The required result is every line of the records that includes "None".

====== SOURCE MATERIAL

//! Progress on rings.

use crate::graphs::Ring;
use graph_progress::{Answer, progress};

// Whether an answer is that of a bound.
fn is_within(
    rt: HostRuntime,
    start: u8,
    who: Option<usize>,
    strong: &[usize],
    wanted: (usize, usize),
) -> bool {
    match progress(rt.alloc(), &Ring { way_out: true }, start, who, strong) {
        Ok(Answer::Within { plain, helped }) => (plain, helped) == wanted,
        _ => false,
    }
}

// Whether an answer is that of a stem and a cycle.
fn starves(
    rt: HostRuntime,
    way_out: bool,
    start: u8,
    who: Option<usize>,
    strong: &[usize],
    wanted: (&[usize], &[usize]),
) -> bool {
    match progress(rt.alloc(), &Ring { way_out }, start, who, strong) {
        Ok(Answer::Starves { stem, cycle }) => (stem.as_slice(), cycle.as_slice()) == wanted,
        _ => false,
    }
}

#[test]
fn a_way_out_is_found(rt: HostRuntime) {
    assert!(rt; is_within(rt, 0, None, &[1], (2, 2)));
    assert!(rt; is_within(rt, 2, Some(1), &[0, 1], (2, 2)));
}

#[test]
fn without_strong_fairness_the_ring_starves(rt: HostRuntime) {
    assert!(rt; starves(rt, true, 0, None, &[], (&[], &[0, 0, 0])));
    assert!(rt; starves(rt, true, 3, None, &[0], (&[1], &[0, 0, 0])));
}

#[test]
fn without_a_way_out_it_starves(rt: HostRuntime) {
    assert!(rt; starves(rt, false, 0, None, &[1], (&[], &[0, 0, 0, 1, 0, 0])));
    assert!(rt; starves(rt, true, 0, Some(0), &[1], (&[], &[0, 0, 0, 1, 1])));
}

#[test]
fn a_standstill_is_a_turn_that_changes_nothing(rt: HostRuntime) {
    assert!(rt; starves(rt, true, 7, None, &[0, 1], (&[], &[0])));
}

============

**RESPONSE AREA**
    assert!(rt; is_within(rt, 0, None, &[1], (2, 2)));
    assert!(rt; starves(rt, true, 0, None, &[], (&[], &[0, 0, 0])));
    assert!(rt; starves(rt, true, 3, None, &[0], (&[1], &[0, 0, 0])));
    assert!(rt; starves(rt, false, 0, None, &[1], (&[], &[0, 0, 0, 1, 0, 0])));
    assert!(rt; starves(rt, true, 7, None, &[0, 1], (&[], &[0])));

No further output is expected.